Saved data entries:
════════════════════

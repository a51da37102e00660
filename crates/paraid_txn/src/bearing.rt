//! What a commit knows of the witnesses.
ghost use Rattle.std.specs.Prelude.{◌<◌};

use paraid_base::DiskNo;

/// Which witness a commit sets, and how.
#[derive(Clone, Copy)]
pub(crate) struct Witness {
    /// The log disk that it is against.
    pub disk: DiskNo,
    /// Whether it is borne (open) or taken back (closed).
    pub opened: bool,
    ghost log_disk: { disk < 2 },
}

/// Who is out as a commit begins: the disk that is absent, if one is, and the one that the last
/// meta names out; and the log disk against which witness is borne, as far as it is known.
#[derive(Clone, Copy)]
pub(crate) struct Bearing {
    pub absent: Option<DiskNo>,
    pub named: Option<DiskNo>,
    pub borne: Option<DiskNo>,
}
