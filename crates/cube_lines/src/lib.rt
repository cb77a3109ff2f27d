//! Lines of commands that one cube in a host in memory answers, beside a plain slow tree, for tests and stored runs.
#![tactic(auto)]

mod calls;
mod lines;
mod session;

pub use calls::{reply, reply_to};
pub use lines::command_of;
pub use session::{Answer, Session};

════════════════════

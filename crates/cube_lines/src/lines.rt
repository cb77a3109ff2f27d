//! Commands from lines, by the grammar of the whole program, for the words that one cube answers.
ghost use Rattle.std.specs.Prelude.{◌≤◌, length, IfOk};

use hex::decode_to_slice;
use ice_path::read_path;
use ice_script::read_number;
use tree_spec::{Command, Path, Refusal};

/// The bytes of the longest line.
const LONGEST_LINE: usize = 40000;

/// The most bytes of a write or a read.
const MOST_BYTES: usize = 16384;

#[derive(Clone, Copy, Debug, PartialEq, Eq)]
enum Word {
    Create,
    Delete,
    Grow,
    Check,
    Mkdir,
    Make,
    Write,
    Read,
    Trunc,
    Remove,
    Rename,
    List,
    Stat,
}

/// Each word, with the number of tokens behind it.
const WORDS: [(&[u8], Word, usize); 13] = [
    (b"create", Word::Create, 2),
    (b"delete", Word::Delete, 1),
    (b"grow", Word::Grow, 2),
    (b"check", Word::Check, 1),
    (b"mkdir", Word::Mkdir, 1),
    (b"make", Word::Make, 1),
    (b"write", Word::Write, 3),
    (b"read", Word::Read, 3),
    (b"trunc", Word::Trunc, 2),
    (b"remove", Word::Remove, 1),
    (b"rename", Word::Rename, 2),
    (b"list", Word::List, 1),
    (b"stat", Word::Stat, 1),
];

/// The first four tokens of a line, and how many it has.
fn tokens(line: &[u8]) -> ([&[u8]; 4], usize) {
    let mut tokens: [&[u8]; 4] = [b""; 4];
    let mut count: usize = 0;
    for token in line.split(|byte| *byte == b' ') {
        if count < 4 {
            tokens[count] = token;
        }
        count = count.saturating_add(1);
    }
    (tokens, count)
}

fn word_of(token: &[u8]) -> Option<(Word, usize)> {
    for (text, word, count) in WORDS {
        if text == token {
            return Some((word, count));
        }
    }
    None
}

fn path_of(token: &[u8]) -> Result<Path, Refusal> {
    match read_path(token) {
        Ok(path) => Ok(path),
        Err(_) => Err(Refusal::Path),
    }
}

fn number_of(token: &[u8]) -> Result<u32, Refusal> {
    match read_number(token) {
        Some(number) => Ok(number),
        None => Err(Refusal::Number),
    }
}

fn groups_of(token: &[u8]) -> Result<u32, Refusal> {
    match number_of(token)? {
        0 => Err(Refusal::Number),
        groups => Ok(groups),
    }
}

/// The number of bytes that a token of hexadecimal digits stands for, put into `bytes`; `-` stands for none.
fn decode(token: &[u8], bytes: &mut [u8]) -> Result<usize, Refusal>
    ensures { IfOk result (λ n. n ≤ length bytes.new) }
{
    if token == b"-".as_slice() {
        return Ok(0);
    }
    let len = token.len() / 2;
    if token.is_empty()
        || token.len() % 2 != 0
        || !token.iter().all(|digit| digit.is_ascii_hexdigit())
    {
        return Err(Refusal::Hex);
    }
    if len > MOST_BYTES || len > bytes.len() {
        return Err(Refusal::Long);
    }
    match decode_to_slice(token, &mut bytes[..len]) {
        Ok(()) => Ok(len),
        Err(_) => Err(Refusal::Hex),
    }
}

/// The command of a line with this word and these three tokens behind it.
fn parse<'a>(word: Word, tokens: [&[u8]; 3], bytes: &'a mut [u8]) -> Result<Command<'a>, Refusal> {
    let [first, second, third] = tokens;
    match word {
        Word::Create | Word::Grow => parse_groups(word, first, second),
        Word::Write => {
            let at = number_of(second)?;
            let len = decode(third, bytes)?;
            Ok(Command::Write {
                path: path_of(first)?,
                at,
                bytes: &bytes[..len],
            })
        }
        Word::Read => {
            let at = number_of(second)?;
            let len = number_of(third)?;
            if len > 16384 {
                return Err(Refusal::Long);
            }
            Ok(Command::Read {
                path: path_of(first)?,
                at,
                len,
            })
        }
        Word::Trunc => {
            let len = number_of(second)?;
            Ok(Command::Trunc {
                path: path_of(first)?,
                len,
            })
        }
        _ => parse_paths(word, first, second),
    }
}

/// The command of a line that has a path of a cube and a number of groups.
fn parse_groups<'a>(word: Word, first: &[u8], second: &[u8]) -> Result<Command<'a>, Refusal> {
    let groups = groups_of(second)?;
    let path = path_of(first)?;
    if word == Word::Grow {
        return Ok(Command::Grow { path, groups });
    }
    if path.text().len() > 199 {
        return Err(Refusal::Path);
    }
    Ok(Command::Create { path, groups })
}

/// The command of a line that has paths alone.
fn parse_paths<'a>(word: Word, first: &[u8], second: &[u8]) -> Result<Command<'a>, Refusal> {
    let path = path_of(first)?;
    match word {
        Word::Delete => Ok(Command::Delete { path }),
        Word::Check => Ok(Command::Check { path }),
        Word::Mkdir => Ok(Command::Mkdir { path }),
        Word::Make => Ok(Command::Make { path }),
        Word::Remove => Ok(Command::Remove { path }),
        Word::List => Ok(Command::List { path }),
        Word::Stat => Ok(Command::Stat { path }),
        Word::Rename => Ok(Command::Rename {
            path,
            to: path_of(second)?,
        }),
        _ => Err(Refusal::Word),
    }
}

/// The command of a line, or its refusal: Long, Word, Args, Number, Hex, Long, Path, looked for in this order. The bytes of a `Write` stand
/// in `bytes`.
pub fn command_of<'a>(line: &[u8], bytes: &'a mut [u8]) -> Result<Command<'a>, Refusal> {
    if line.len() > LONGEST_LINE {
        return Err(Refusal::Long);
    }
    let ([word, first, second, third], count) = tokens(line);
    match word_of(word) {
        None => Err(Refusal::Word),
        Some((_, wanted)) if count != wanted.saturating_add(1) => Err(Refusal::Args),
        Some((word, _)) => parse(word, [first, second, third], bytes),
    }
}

════════════════════

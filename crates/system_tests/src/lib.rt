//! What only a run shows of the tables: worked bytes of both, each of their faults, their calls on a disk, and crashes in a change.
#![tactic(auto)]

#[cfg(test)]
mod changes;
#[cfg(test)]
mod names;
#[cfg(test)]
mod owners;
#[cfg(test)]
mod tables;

════════════════════

Above are the records. Copy the lines beginning at the one that has "repository a51da37102e00660" and ending with the one that has "filename crates/cube_lines/src/lib.rt", unchanged.

(Worked solution):
repository a51da37102e00660
filename crates/paraid_txn/src/bearing.rt
//! What a commit knows of the witnesses.
ghost use Rattle.std.specs.Prelude.{◌<◌};

use paraid_base::DiskNo;

/// Which witness a commit sets, and how.
#[derive(Clone, Copy)]
pub(crate) struct Witness {
    /// The log disk that it is against.
    pub disk: DiskNo,
    /// Whether it is borne (open) or taken back (closed).
    pub opened: bool,
    ghost log_disk: { disk < 2 },
}

/// Who is out as a commit begins: the disk that is absent, if one is, and the one that the last
/// meta names out; and the log disk against which witness is borne, as far as it is known.
#[derive(Clone, Copy)]
pub(crate) struct Bearing {
    pub absent: Option<DiskNo>,
    pub named: Option<DiskNo>,
    pub borne: Option<DiskNo>,
}
filename crates/cube_lines/src/lib.rt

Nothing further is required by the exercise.